Here's an example of string, spacing after digit could be different. 这是一个字符串示例,数字后的空格可能不同。

product_list = 'Buy:\n Milk \nYoughurt 4 \nBread  \nSausages 4     \nBanana '

I want to build a regexp with the following output: 我想用以下输出构建一个正则表达式:

import re

re.findall(r'some pattern', product_list)
['Milk', 'Youghurt 4', 'Bread', 'Sausages 4', 'Banana']
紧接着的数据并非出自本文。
impl<A: Allocator + Clone> Node<A> {
    /// A tree of the same tablets, of which there are `count`, with room for one more fork above
    /// any of them. Where no memory is left for all of it, it takes none.
    fn rebuilt(&self, alloc: &A, count: usize) -> Result<Node<A>, AllocError>
        requires counted { count ≡ length (leaves self.now) }
        requires few { count ≤ MAX_TABLETS }
        ensures list { IfOk result (λ node. leaves node ≡ leaves self.now) }
        ensures bounds { IfOk result (λ node. HasBounds node) }
        ensures depth { IfOk result (λ node. node_depth node < MAX_FORKS) }
    {
        let mut tablets = Vec::with_capacity(alloc.clone()?, count)?;
        self.list_into(&mut tablets)?;
        balanced(alloc, tablets.as_slice())
    }

    /// Puts in a tablet of a table that isn't there yet, and says whether there was room for it: it
    /// goes in where no way down then passes more than `room` forks.
    #[tactic(auto, using(crate::proofs::Covered::lengths))]
    fn insert_within(&mut self, alloc: &A, tablet: Tablet, room: usize) -> Result<bool, AllocError>
        requires tree { IsSearchTree self.old }
        requires new { has_table (leaves self.old) tablet.range.table ≡ false }
        requires shallow { node_depth self.old ≤ room }
        ensures list { leaves self.new ≡
            (if is_made result then insert_tablet tablet (leaves self.old) else leaves self.old) }
        ensures bounds { HasBounds self.new }
        ensures depth { node_depth self.new ≤ room }
        ensures unchanged { is_made result ≡ false → forks_above self.new ≡ forks_above self.old }
        ensures full { result ≡ Ok false → node_depth self.old ≡ room }
    {
        match self {
            Node::Empty => {
                *self = Node::Leaf(tablet);
                Ok(true)
            }
            Node::Leaf(other) => {
                if room == 0 {
                    return Ok(false);
                }
                let (low, high) = if tablet.range.table < other.range.table {
                    (tablet, *other)
                } else {
                    (*other, tablet)
                };
                *self = fork_of_two(alloc, low, high)?;
                Ok(true)
            }
            Node::Fork(bound, left, right) => {
                if tablet.range.table < bound.table {
                    left.insert_within(alloc, tablet, room - 1)
                } else {
                    right.insert_within(alloc, tablet, room - 1)
                }
            }
        }
    }

    /// Splits this tablet, which holds the key and begins before it, so that the second part
    /// begins at the key, and says whether there was room for it: it is split where no way down
    /// then passes more than `room` forks.
    #[tactic(auto, using(crate::proofs::Covered::lengths))]
    fn split_within(
        &mut self,
        alloc: &A,
        tablet: Tablet,
        at: u64,
        room: usize,
    ) -> Result<bool, AllocError>
        requires tree { IsSearchTree self.old }
        requires found { tablet_of (leaves self.old) tablet.range.table at ≡ Some tablet }
        requires inside { tablet.range.lo < at }
        requires shallow { node_depth self.old ≤ room }
        ensures list { leaves self.new ≡
            (if is_made result then split_at tablet.range.table at (leaves self.old) else leaves self.old) }
        ensures bounds { HasBounds self.new }
        ensures depth { node_depth self.new ≤ room }
        ensures unchanged { is_made result ≡ false → forks_above self.new ≡ forks_above self.old }
        ensures full { result ≡ Ok false → node_depth self.old ≡ room }
    {
        match self {
            Node::Empty => Ok(false),
            Node::Leaf(_) => {
                if room == 0 {
                    return Ok(false);
                }
                let low = Tablet {
                    range: KeyRange {
                        hi: at - 1,
                        ..tablet.range
                    },
                    ..tablet
                };
                let high = Tablet {
                    range: KeyRange {
                        lo: at,
                        ..tablet.range
                    },
                    ..tablet
                };
                *self = fork_of_two(alloc, low, high)?;
                Ok(true)
            }
            Node::Fork(bound, left, right) => {
                let point = Point {
                    table: tablet.range.table,
                    key: at,
                };
                if point.is_before(*bound) {
                    left.split_within(alloc, tablet, at, room - 1)
                } else {
                    right.split_within(alloc, tablet, at, room - 1)
                }
            }
        }
    }
}

impl<A: Allocator + Clone> Node<A> {
    /// Puts in a tablet of a table that isn't there yet, where `count` tablets are there. Where a
    /// way down would pass more than `MAX_FORKS` forks, the tree is built anew.
    pub fn insert(&mut self, alloc: &A, tablet: Tablet, count: usize) -> Result<(), AllocError>
        requires tree { IsSearchTree self.old }
        requires new { has_table (leaves self.old) tablet.range.table ≡ false }
        requires shallow { node_depth self.old ≤ MAX_FORKS }
        requires counted { count ≡ length (leaves self.old) }
        requires few { count ≤ MAX_TABLETS }
        ensures list { leaves self.new ≡
            (if is_ok result then insert_tablet tablet (leaves self.old) else leaves self.old) }
        ensures bounds { HasBounds self.new }
        ensures depth { node_depth self.new ≤ MAX_FORKS }
        ensures unchanged { OnErr result (forks_above self.new ≡ forks_above self.old) }
    {
        if self.insert_within(alloc, tablet, MAX_FORKS)? {
            return Ok(());
        }
        let mut root = self.rebuilt(alloc, count)?;
        root.insert_within(alloc, tablet, MAX_FORKS)?;
        *self = root;
        Ok(())
    }

    /// Splits this tablet, which holds the key and begins before it, so that the second part begins
    /// at the key, where `count` tablets are there. Where a way down would pass more than
    /// `MAX_FORKS` forks, the tree is built anew.
    pub fn split(
        &mut self,
        alloc: &A,
        tablet: Tablet,
        at: u64,
        count: usize,
    ) -> Result<(), AllocError>
        requires tree { IsSearchTree self.old }
        requires found { tablet_of (leaves self.old) tablet.range.table at ≡ Some tablet }
        requires inside { tablet.range.lo < at }
        requires shallow { node_depth self.old ≤ MAX_FORKS }
        requires counted { count ≡ length (leaves self.old) }
        requires few { count ≤ MAX_TABLETS }
        ensures list { leaves self.new ≡
            (if is_ok result then split_at tablet.range.table at (leaves self.old) else leaves self.old) }
        ensures bounds { HasBounds self.new }
        ensures depth { node_depth self.new ≤ MAX_FORKS }
        ensures unchanged { OnErr result (forks_above self.new ≡ forks_above self.old) }
    {
        if self.split_within(alloc, tablet, at, MAX_FORKS)? {
            return Ok(());
        }
        let mut root = self.rebuilt(alloc, count)?;
        root.split_within(alloc, tablet, at, MAX_FORKS)?;
        *self = root;
        Ok(())
    }
}

impl<A: Allocator> Node<A> {
    /// The same tree in another allocator. Where no memory is left for all of it, it takes none.
    pub fn try_clone_in<B: Allocator + Clone>(&self, alloc: &B) -> Result<Node<B>, AllocError>
        requires { HasBounds self.now }
        ensures list { IfOk result (λ copy. leaves copy ≡ leaves self.now) }
        ensures bounds { IfOk result (λ copy. HasBounds copy) }
        ensures forks { IfOk result (λ copy. forks_above copy ≡ forks_above self.now) }
        ensures depth { IfOk result (λ copy. node_depth copy ≡ node_depth self.now) }
    {
        match self {
            Node::Empty => Ok(Node::Empty),
            Node::Leaf(tablet) => Ok(Node::Leaf(*tablet)),
            Node::Fork(bound, left, right) => {
                let left = left.try_clone_in(alloc)?;
                let right = right.try_clone_in(alloc)?;
                fork(alloc, *bound, left, right)
            }
        }
    }
}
This is what I thought it should look like. 这就是我认为的样子。 However, it returns empty list: 但是,它返回空列表:

re.findall(r'\n(\w+\w$))', product_list)

The approach of the below script is to first strip off the leading term:\\n in this case Buy:\\n . 以下脚本的方法是首先删除开头的term:\\n在这种情况下为Buy:\\n Then, we use re.findall with the following pattern to find all matches: 然后,将re.findall与以下模式结合使用以查找所有匹配项:

(.+?)\s*(?:\n|$)

This says to capture anything up until the first optional whitespace character, which is then followed by a newline, or the end of the string. 这表示要捕获直到第一个可选的空白字符为止的所有内容,然后再跟换行符或字符串的末尾。

product_list = 'Buy:\n Milk \nYoughurt 4 \nBread  \nSausages 4     \nBanana '
product_list = re.sub(r'^[^\s]*\s+', '', product_list)

matches = re.findall(r'(.+?)\s*(?:\n|$)', product_list)
print(matches)

['Milk', 'Youghurt 4', 'Bread', 'Sausages 4', 'Banana']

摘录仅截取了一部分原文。